I've recently been fixing up a few things in work and setting up mirrors for security updates, updates etc... The distro of choice that we're currently using is http://www.scientificlinux.org since it's just a RHEL recompile with some extra added features.
It's not a bad choice for building HPC machines with, since it gives you binary compatibility with a lot of things e.g. clusterfs and GPFS, Other nice utilities like pdsh and so on just works. The OS is well defined and supported.
In short since we run a few hundred SL4 based machines in work, we tend to mirror the distro's of choice on a local system. To do this, I chose to just rsync from a local mirror located ftp.heanet.ie
Here's my shell script for running rsync
#!/bin/sh
# ftp.heanet.ie::mirrors/rsync.scientificlinux.org/
SERVER=ftp.heanet.ie
SOURCE=mirrors/rsync.scientificlinux.org
echo ################
echo ##
echo ## $SERVER - $SOURCE
echo ##
rsync -arvHP --stats \
-4 -8 \
--exclude '3*/' \
--exclude '44/' \
--exclude '50/' \
--exclude 'sites/Fermi' \
--exclude 'errata/debuginfo' \
--exclude 'errata/obsolete' \
--exclude '4x/archives/debuginfo' \
--exclude '5x/archives/debuginfo' \
ftp.heanet.ie::mirrors/rsync.scientificlinux.org/. ~/public_html/rsync.scientificlinux.org/.
#rsync.mirrorservice.org::sites/ftp.scientificlinux.org/linux/scientific/. ~/public_html/rsync.scientificlinux.org/.
rsync -arvHP --stats \
-4 -8 \
--delete \
--exclude '3*/' \
--exclude '44/' \
--exclude '50/' \
--exclude 'sites/Fermi' \
--exclude 'errata/debuginfo' \
--exclude 'errata/obsolete' \
--exclude '4x/archives/debuginfo' \
--exclude '5x/archives/debuginfo' \
ftp.heanet.ie::mirrors/rsync.scientificlinux.org/. ~/public_html/rsync.scientificlinux.org/.

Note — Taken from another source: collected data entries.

//! The effect of an instruction.
ghost use Rattle.std.specs.Prelude.{◌≡◌, ℕ, None, if◌then◌else◌};
ghost use Rattle.rv_isa.specs.Instr.{HasWord, IsAmount, IsStoreWidth};
ghost use Rattle.rv_isa.specs.declared.instr.Order.{Order};
ghost use Rattle.guest_mem.specs.Access.{KeepsRoom};
ghost use Rattle.guest_mem.specs.Memory.{Memory};
ghost use Rattle.link_tags.specs.Values.{is_link};
ghost use Rattle.hart.specs.Harts.{with_reg, after, moved_by};
ghost use Rattle.hart.specs.Effects.{effect_of, Acts, is_taken, is_private};

use crate::hart::Hart;
use crate::memory::{exchange, load, load_reserved, store, store_conditional};
use crate::words::{even, moved_by, upper};
use guest_mem::store::GuestStore;
use link_tags::monitor::is_move;
use link_tags::origins::Origins;
use link_tags::value::{Tag, Value};
use rv_alu::{alu, alu_imm, shift, taken};
use rv_isa::fields::{Imm12, OffB, Reg, Shift};
use rv_isa::instr::{AluOp, AmoOp, Cond, ImmOp, Instr, ShiftOp, Width};

/// What an instruction did. After `Next` and `Stored` pc is at the next word; after every other answer the hart and memory
/// are as before, and the machine goes on from there.
#[derive(Clone, Copy, Debug, PartialEq, Eq)]
pub enum Acted {
    Next,
    /// Memory was written in the aligned 8 bytes at `block`.
    Stored { block: u64 },
    /// A jump, by a link where it is direct. `finish_jump` ends it with this `link`.
    Jump { to: u64, by: Tag, link: Option<Reg> },
    /// A system call.
    Call,
    Trap { cause: u8, value: u64 },
    /// A link was used as the rule forbids.
    LinkUse { rule: u8 },
    /// There was no room in memory for a store.
    NoMemory,
}

/// Whether an instruction reads and writes registers and pc alone.
pub fn private(i: &Instr) -> bool
    ensures { result ≡ is_private i.now }
{
    match i {
        Instr::Alu { .. }
        | Instr::AluImm { .. }
        | Instr::ShiftImm { .. }
        | Instr::Lui { .. }
        | Instr::Auipc { .. }
        | Instr::Jal { .. }
        | Instr::Jalr { .. }
        | Instr::Branch { .. }
        | Instr::Fence { .. } => true,
        Instr::Load { .. }
        | Instr::Store { .. }
        | Instr::Lr { .. }
        | Instr::Sc { .. }
        | Instr::Amo { .. }
        | Instr::Ecall
        | Instr::Ebreak => false,
    }
}

/// Does what an instruction at the hart's pc does, but for what only the machine can: to end a jump, a call or the run.
/// `NoMemory` comes of Store, Sc and Amo alone, and leaves all as it was.
#[inline(always)]
#[tactic(auto, unfolding(crate::specs::Effects::effect_of, crate::specs::Effects::effect_on, link_tags::specs::Forbidden::uses, crate::specs::Effects::hart_after, crate::specs::Effects::memory_after, crate::specs::Effects::answer_of))]
pub fn act<M: GuestStore, O: Origins>(hart: &mut Hart, mem: &mut M, origins: &O, i: &Instr) -> Acted
    requires { HasWord i.now }
    ensures acts { Acts (O.origin origins.now) (effect_of (O.origin origins.now) (M.contents mem.old) hart.old i.now) hart.old hart.new (M.contents mem.old) (M.contents mem.new) result }
    ensures room { KeepsRoom (M.room mem.old) (M.room mem.new) }
{
    match *i {
        Instr::Alu { op, rd, rs1, rs2 } => operate(hart, op, rd, rs1, rs2),
        Instr::AluImm { op, rd, rs1, imm } => operate_imm(hart, op, rd, rs1, imm),
        Instr::ShiftImm { op, rd, rs1, by } => operate_shift(hart, op, rd, rs1, by),
        Instr::Lui { rd, imm } => next(hart, rd, Value::plain(upper(imm))),
        Instr::Auipc { rd, imm } => {
            let value = hart.pc.wrapping_add(upper(imm));
            next(hart, rd, Value::plain(value))
        }
        Instr::Jal { rd, off } => jump(moved_by(hart.pc, off.get()), Tag::Link, Some(rd)),
        Instr::Jalr { rd, rs1, off } => jump_register(hart, rd, rs1, off),
        Instr::Branch {
            cond,
            rs1,
            rs2,
            off,
        } => branch_on(hart, cond, rs1, rs2, off),
        Instr::Load {
            width,
            rd,
            rs1,
            off,
        } => load_at(hart, mem, origins, width, rd, rs1, off),
        Instr::Store {
            width,
            rs2,
            rs1,
            off,
        } => store_at(hart, mem, origins, width, rs2, rs1, off),
        Instr::Lr { wide, rd, rs1, .. } => reserve(hart, mem, origins, wide, rd, rs1),
        Instr::Sc {
            wide,
            rd,
            rs1,
            rs2,
            ..
        } => conditional(hart, mem, origins, wide, rd, rs1, rs2),
        Instr::Amo {
            op,
            wide,
            rd,
            rs1,
            rs2,
            ..
        } => atomically(hart, mem, origins, op, wide, rd, rs1, rs2),
        Instr::Fence { .. } => {
            hart.advance();
            Acted::Next
        }
        Instr::Ecall => Acted::Call,
        Instr::Ebreak => Acted::Trap {
            cause: 3,
            value: origins.origin(hart.pc),
        },
    }
}

#[inline]
fn is_link(v: Value) -> bool
    ensures { result ≡ is_link v.tag }
{
    match v.tag {
        Tag::Plain => false,
        Tag::Link => true,
    }
}

/// An operation between two registers.
#[inline(always)]
#[tactic(auto, unfolding(crate::specs::Effects::effect_of, crate::specs::Effects::effect_on, link_tags::specs::Forbidden::uses, crate::specs::Effects::hart_after, crate::specs::Effects::memory_after, crate::specs::Effects::answer_of))]
fn operate(hart: &mut Hart, op: AluOp, rd: Reg, rs1: Reg, rs2: Reg) -> Acted
    ensures { (origin : ℕ → ℕ) (m : Memory) → Acts origin (effect_of origin m hart.old (Instr.Alu op rd rs1 rs2)) hart.old hart.new m m result }
{
    let (a, b) = (hart.reg(rs1), hart.reg(rs2));
    if is_link(a) || is_link(b) {
        return Acted::LinkUse { rule: 1 };
    }
    next(hart, rd, Value::plain(alu(op, a.number, b.number)))
}

/// An operation between a register and an immediate: a move keeps the tag.
#[inline(always)]
#[tactic(auto, unfolding(crate::specs::Effects::effect_of, crate::specs::Effects::effect_on, link_tags::specs::Forbidden::uses, crate::specs::Effects::hart_after, crate::specs::Effects::memory_after, crate::specs::Effects::answer_of))]
fn operate_imm(hart: &mut Hart, op: ImmOp, rd: Reg, rs1: Reg, imm: Imm12) -> Acted
    ensures { (origin : ℕ → ℕ) (m : Memory) → Acts origin (effect_of origin m hart.old (Instr.AluImm op rd rs1 imm)) hart.old hart.new m m result }
{
    let a = hart.reg(rs1);
    if is_move(op, imm) {
        return next(hart, rd, a);
    }
    if is_link(a) {
        return Acted::LinkUse { rule: 1 };
    }
    next(hart, rd, Value::plain(alu_imm(op, a.number, imm)))
}

/// A shift by an amount.
#[inline(always)]
#[tactic(auto, unfolding(crate::specs::Effects::effect_of, crate::specs::Effects::effect_on, link_tags::specs::Forbidden::uses, crate::specs::Effects::hart_after, crate::specs::Effects::memory_after, crate::specs::Effects::answer_of))]
fn operate_shift(hart: &mut Hart, op: ShiftOp, rd: Reg, rs1: Reg, by: Shift) -> Acted
    requires { IsAmount op by }
    ensures { (origin : ℕ → ℕ) (m : Memory) → Acts origin (effect_of origin m hart.old (Instr.ShiftImm op rd rs1 by)) hart.old hart.new m m result }
{
    let a = hart.reg(rs1);
    if is_link(a) {
        return Acted::LinkUse { rule: 1 };
    }
    next(hart, rd, Value::plain(shift(op, a.number, by)))
}

/// A jump to what a register names.
#[inline(always)]
#[tactic(auto, unfolding(crate::specs::Effects::effect_of, crate::specs::Effects::effect_on, link_tags::specs::Forbidden::uses, crate::specs::Effects::hart_after, crate::specs::Effects::memory_after, crate::specs::Effects::answer_of))]
fn jump_register(hart: &Hart, rd: Reg, rs1: Reg, off: Imm12) -> Acted
    ensures { (origin : ℕ → ℕ) (m : Memory) → Acts origin (effect_of origin m hart.now (Instr.Jalr rd rs1 off)) hart.now hart.now m m result }
{
    let a = hart.reg(rs1);
    if off.get() != 0 && is_link(a) {
        return Acted::LinkUse { rule: 6 };
    }
    jump(even(moved_by(a.number, off.get())), a.tag, Some(rd))
}

/// A branch.
#[inline(always)]
#[tactic(auto, unfolding(crate::specs::Effects::effect_of, crate::specs::Effects::effect_on, link_tags::specs::Forbidden::uses, crate::specs::Effects::hart_after, crate::specs::Effects::memory_after, crate::specs::Effects::answer_of))]
fn branch_on(hart: &mut Hart, cond: Cond, rs1: Reg, rs2: Reg, off: OffB) -> Acted
    ensures { (origin : ℕ → ℕ) (m : Memory) → Acts origin (effect_of origin m hart.old (Instr.Branch cond rs1 rs2 off)) hart.old hart.new m m result }
{
    let (a, b) = (hart.reg(rs1), hart.reg(rs2));
    if is_link(a) || is_link(b) {
        return Acted::LinkUse { rule: 2 };
    }
    branch(hart, cond, a.number, b.number, off)
}

/// A load.
#[inline(always)]
#[tactic(auto, unfolding(crate::specs::Effects::effect_of, crate::specs::Effects::effect_on, link_tags::specs::Forbidden::uses, crate::specs::Effects::hart_after, crate::specs::Effects::memory_after, crate::specs::Effects::answer_of))]
fn load_at<M: GuestStore, O: Origins>(
    hart: &mut Hart,
    mem: &M,
    origins: &O,
    width: Width,
    rd: Reg,
    rs1: Reg,
    off: Imm12,
) -> Acted
    ensures acts { Acts (O.origin origins.now) (effect_of (O.origin origins.now) (M.contents mem.now) hart.old (Instr.Load width rd rs1 off)) hart.old hart.new (M.contents mem.now) (M.contents mem.now) result }
{
    let a = hart.reg(rs1);
    if is_link(a) {
        return Acted::LinkUse { rule: 3 };
    }
    load(hart, mem, origins, width, rd, moved_by(a.number, off.get()))
}

/// A store.
#[inline(always)]
#[tactic(auto, unfolding(crate::specs::Effects::effect_of, crate::specs::Effects::effect_on, link_tags::specs::Forbidden::uses, crate::specs::Effects::hart_after, crate::specs::Effects::memory_after, crate::specs::Effects::answer_of))]
fn store_at<M: GuestStore, O: Origins>(
    hart: &mut Hart,
    mem: &mut M,
    origins: &O,
    width: Width,
    rs2: Reg,
    rs1: Reg,
    off: Imm12,
) -> Acted
    requires { IsStoreWidth width }
    ensures acts { Acts (O.origin origins.now) (effect_of (O.origin origins.now) (M.contents mem.old) hart.old (Instr.Store width rs2 rs1 off)) hart.old hart.new (M.contents mem.old) (M.contents mem.new) result }
    ensures room { KeepsRoom (M.room mem.old) (M.room mem.new) }
{
    let (a, b) = (hart.reg(rs1), hart.reg(rs2));
    if is_link(a) {
        return Acted::LinkUse { rule: 3 };
    }
    store(hart, mem, origins, width, moved_by(a.number, off.get()), b)
}

/// LR.
#[inline(always)]
#[tactic(auto, unfolding(crate::specs::Effects::effect_of, crate::specs::Effects::effect_on, link_tags::specs::Forbidden::uses, crate::specs::Effects::hart_after, crate::specs::Effects::memory_after, crate::specs::Effects::answer_of))]
fn reserve<M: GuestStore, O: Origins>(
    hart: &mut Hart,
    mem: &M,
    origins: &O,
    wide: bool,
    rd: Reg,
    rs1: Reg,
) -> Acted
    ensures acts { (order : Order) → Acts (O.origin origins.now) (effect_of (O.origin origins.now) (M.contents mem.now) hart.old (Instr.Lr wide order rd rs1)) hart.old hart.new (M.contents mem.now) (M.contents mem.now) result }
{
    let a = hart.reg(rs1);
    if is_link(a) {
        return Acted::LinkUse { rule: 3 };
    }
    load_reserved(hart, mem, origins, wide, rd, a.number)
}

/// SC.
#[inline(always)]
#[tactic(auto, unfolding(crate::specs::Effects::effect_of, crate::specs::Effects::effect_on, link_tags::specs::Forbidden::uses, crate::specs::Effects::hart_after, crate::specs::Effects::memory_after, crate::specs::Effects::answer_of))]
fn conditional<M: GuestStore, O: Origins>(
    hart: &mut Hart,
    mem: &mut M,
    origins: &O,
    wide: bool,
    rd: Reg,
    rs1: Reg,
    rs2: Reg,
) -> Acted
    ensures acts { (order : Order) → Acts (O.origin origins.now) (effect_of (O.origin origins.now) (M.contents mem.old) hart.old (Instr.Sc wide order rd rs1 rs2)) hart.old hart.new (M.contents mem.old) (M.contents mem.new) result }
    ensures room { KeepsRoom (M.room mem.old) (M.room mem.new) }
{
    let (a, b) = (hart.reg(rs1), hart.reg(rs2));
    if is_link(a) {
        return Acted::LinkUse { rule: 3 };
    }
    if is_link(b) {
        return Acted::LinkUse { rule: 4 };
    }
    store_conditional(hart, mem, origins, wide, rd, a.number, b)
}

/// An AMO.
#[inline(always)]
#[tactic(auto, unfolding(crate::specs::Effects::effect_of, crate::specs::Effects::effect_on, link_tags::specs::Forbidden::uses, crate::specs::Effects::hart_after, crate::specs::Effects::memory_after, crate::specs::Effects::answer_of))]
fn atomically<M: GuestStore, O: Origins>(
    hart: &mut Hart,
    mem: &mut M,
    origins: &O,
    op: AmoOp,
    wide: bool,
    rd: Reg,
    rs1: Reg,
    rs2: Reg,
) -> Acted
    ensures acts { (order : Order) → Acts (O.origin origins.now) (effect_of (O.origin origins.now) (M.contents mem.old) hart.old (Instr.Amo op wide order rd rs1 rs2)) hart.old hart.new (M.contents mem.old) (M.contents mem.new) result }
    ensures room { KeepsRoom (M.room mem.old) (M.room mem.new) }
{
    let (a, b) = (hart.reg(rs1), hart.reg(rs2));
    if is_link(a) {
        return Acted::LinkUse { rule: 3 };
    }
    if is_link(b) {
        return Acted::LinkUse { rule: 4 };
    }
    exchange(hart, mem, origins, op, wide, rd, a.number, b)
}

/// Writes a register and goes on.
#[inline]
pub fn next(hart: &mut Hart, rd: Reg, v: Value) -> Acted
    ensures hart { hart.new ≡ record hart.old { regs = with_reg hart.old.regs rd v; pc = after hart.old.pc } }
    ensures answer { result ≡ Acted.Next }
{
    hart.set_reg(rd, v);
    hart.advance();
    Acted::Next
}

#[inline]
fn jump(to: u64, by: Tag, link: Option<Reg>) -> Acted
    ensures { result ≡ Acted.Jump to by link }
{
    Acted::Jump { to, by, link }
}

/// Goes to a branch's target or on.
#[inline]
fn branch(hart: &mut Hart, cond: Cond, a: u64, b: u64, off: OffB) -> Acted
    ensures answer { result ≡ (if is_taken cond a b then Acted.Jump (moved_by hart.old.pc off) Tag.Link None else Acted.Next) }
    ensures hart { hart.new ≡ (if is_taken cond a b then hart.old else record hart.old { pc = after hart.old.pc }) }
{
    if is_taken(cond, a, b) {
        return jump(moved_by(hart.pc, off.get()), Tag::Link, None);
    }
    hart.advance();
    Acted::Next
}

/// Whether a branch is taken.
#[inline]
fn is_taken(cond: Cond, a: u64, b: u64) -> bool
    ensures { result ≡ is_taken cond a b }
{
    taken(cond, a, b)
}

#rsync.mirrorservice.org::sites/ftp.scientificlinux.org/linux/scientific/. ~/public_html/rsync.scientificlinux.org/.
The above script runs as a normal user which I then just create an alias in our web server such that it appears as http://myservername.org/mirrors/ the script is quick and dirty and probably needs cleaning up. The script is run as a batch job from a crontab with the command
batch -f myscript.sh
As you can see, I've excluded a few things. We don't care much for the 3x series of SL, I intend on just mirroring the current material plus one revision behind releases for compatibility and migrational reasons. The above script will produce approximately a 195gbyte mirror. The last time I had mirrored the entire SL site, it was approximately 500gbytes.
I currently also mirror the freshrpms site as well which is around 90gbytes in size.